• [Aim of the exercise]: All of the entries are to be written out again verbatim.

_ _ _ _

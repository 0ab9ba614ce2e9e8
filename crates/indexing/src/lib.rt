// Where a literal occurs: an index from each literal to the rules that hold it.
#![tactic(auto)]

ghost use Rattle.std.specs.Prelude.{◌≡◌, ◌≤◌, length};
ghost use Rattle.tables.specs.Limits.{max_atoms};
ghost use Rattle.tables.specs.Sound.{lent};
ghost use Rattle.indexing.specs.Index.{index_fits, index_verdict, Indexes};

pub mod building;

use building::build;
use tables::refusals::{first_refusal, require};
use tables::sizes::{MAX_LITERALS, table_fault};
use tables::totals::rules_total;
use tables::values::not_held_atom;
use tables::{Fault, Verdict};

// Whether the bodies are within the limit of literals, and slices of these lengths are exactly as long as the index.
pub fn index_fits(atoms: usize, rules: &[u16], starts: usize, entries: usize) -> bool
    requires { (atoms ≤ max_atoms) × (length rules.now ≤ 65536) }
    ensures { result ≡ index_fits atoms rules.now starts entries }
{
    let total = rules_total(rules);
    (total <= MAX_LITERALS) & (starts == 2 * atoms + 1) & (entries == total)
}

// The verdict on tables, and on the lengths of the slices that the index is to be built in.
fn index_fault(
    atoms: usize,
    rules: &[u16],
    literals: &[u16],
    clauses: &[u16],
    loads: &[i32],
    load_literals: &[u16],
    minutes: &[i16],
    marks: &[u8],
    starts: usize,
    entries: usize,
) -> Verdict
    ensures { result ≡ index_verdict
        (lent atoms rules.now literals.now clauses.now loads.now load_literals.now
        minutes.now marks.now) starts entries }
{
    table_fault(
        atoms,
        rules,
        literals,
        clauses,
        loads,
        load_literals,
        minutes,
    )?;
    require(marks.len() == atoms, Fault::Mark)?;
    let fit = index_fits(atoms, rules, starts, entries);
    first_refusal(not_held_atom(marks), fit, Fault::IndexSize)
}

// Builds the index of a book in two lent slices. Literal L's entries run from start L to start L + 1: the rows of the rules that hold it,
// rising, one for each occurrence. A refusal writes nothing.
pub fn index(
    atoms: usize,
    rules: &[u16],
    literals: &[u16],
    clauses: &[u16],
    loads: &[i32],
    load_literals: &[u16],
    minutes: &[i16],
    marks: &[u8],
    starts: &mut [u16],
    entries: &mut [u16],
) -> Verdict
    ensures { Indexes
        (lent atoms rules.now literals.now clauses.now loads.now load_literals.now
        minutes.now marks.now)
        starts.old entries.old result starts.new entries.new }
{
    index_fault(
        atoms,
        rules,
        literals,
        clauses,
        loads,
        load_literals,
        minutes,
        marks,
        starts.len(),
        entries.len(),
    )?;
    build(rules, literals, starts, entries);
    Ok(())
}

_ _ _ _

• [The completed task]:
repository 0ab9ba614ce2e9e8
filename crates/indexing/src/lib.rt
// Where a literal occurs: an index from each literal to the rules that hold it.
#![tactic(auto)]

ghost use Rattle.std.specs.Prelude.{◌≡◌, ◌≤◌, length};
ghost use Rattle.tables.specs.Limits.{max_atoms};
ghost use Rattle.tables.specs.Sound.{lent};
ghost use Rattle.indexing.specs.Index.{index_fits, index_verdict, Indexes};

pub mod building;

use building::build;
use tables::refusals::{first_refusal, require};
use tables::sizes::{MAX_LITERALS, table_fault};
use tables::totals::rules_total;
use tables::values::not_held_atom;
use tables::{Fault, Verdict};

// Whether the bodies are within the limit of literals, and slices of these lengths are exactly as long as the index.
pub fn index_fits(atoms: usize, rules: &[u16], starts: usize, entries: usize) -> bool
    requires { (atoms ≤ max_atoms) × (length rules.now ≤ 65536) }
    ensures { result ≡ index_fits atoms rules.now starts entries }
{
    let total = rules_total(rules);
    (total <= MAX_LITERALS) & (starts == 2 * atoms + 1) & (entries == total)
}

// The verdict on tables, and on the lengths of the slices that the index is to be built in.
fn index_fault(
    atoms: usize,
    rules: &[u16],
    literals: &[u16],
    clauses: &[u16],
    loads: &[i32],
    load_literals: &[u16],
    minutes: &[i16],
    marks: &[u8],
    starts: usize,
    entries: usize,
) -> Verdict
    ensures { result ≡ index_verdict
        (lent atoms rules.now literals.now clauses.now loads.now load_literals.now
        minutes.now marks.now) starts entries }
{
    table_fault(
        atoms,
        rules,
        literals,
        clauses,
        loads,
        load_literals,
        minutes,
    )?;
    require(marks.len() == atoms, Fault::Mark)?;
    let fit = index_fits(atoms, rules, starts, entries);
    first_refusal(not_held_atom(marks), fit, Fault::IndexSize)
}

// Builds the index of a book in two lent slices. Literal L's entries run from start L to start L + 1: the rows of the rules that hold it,
// rising, one for each occurrence. A refusal writes nothing.
pub fn index(
    atoms: usize,
    rules: &[u16],
    literals: &[u16],
    clauses: &[u16],
    loads: &[i32],
    load_literals: &[u16],
    minutes: &[i16],
    marks: &[u8],
    starts: &mut [u16],
    entries: &mut [u16],
) -> Verdict
    ensures { Indexes
        (lent atoms rules.now literals.now clauses.now loads.now load_literals.now
        minutes.now marks.now)
        starts.old entries.old result starts.new entries.new }
{
    index_fault(
        atoms,
        rules,
        literals,
        clauses,
        loads,
        load_literals,
        minutes,
        marks,
        starts.len(),
        entries.len(),
    )?;
    build(rules, literals, starts, entries);
    Ok(())
}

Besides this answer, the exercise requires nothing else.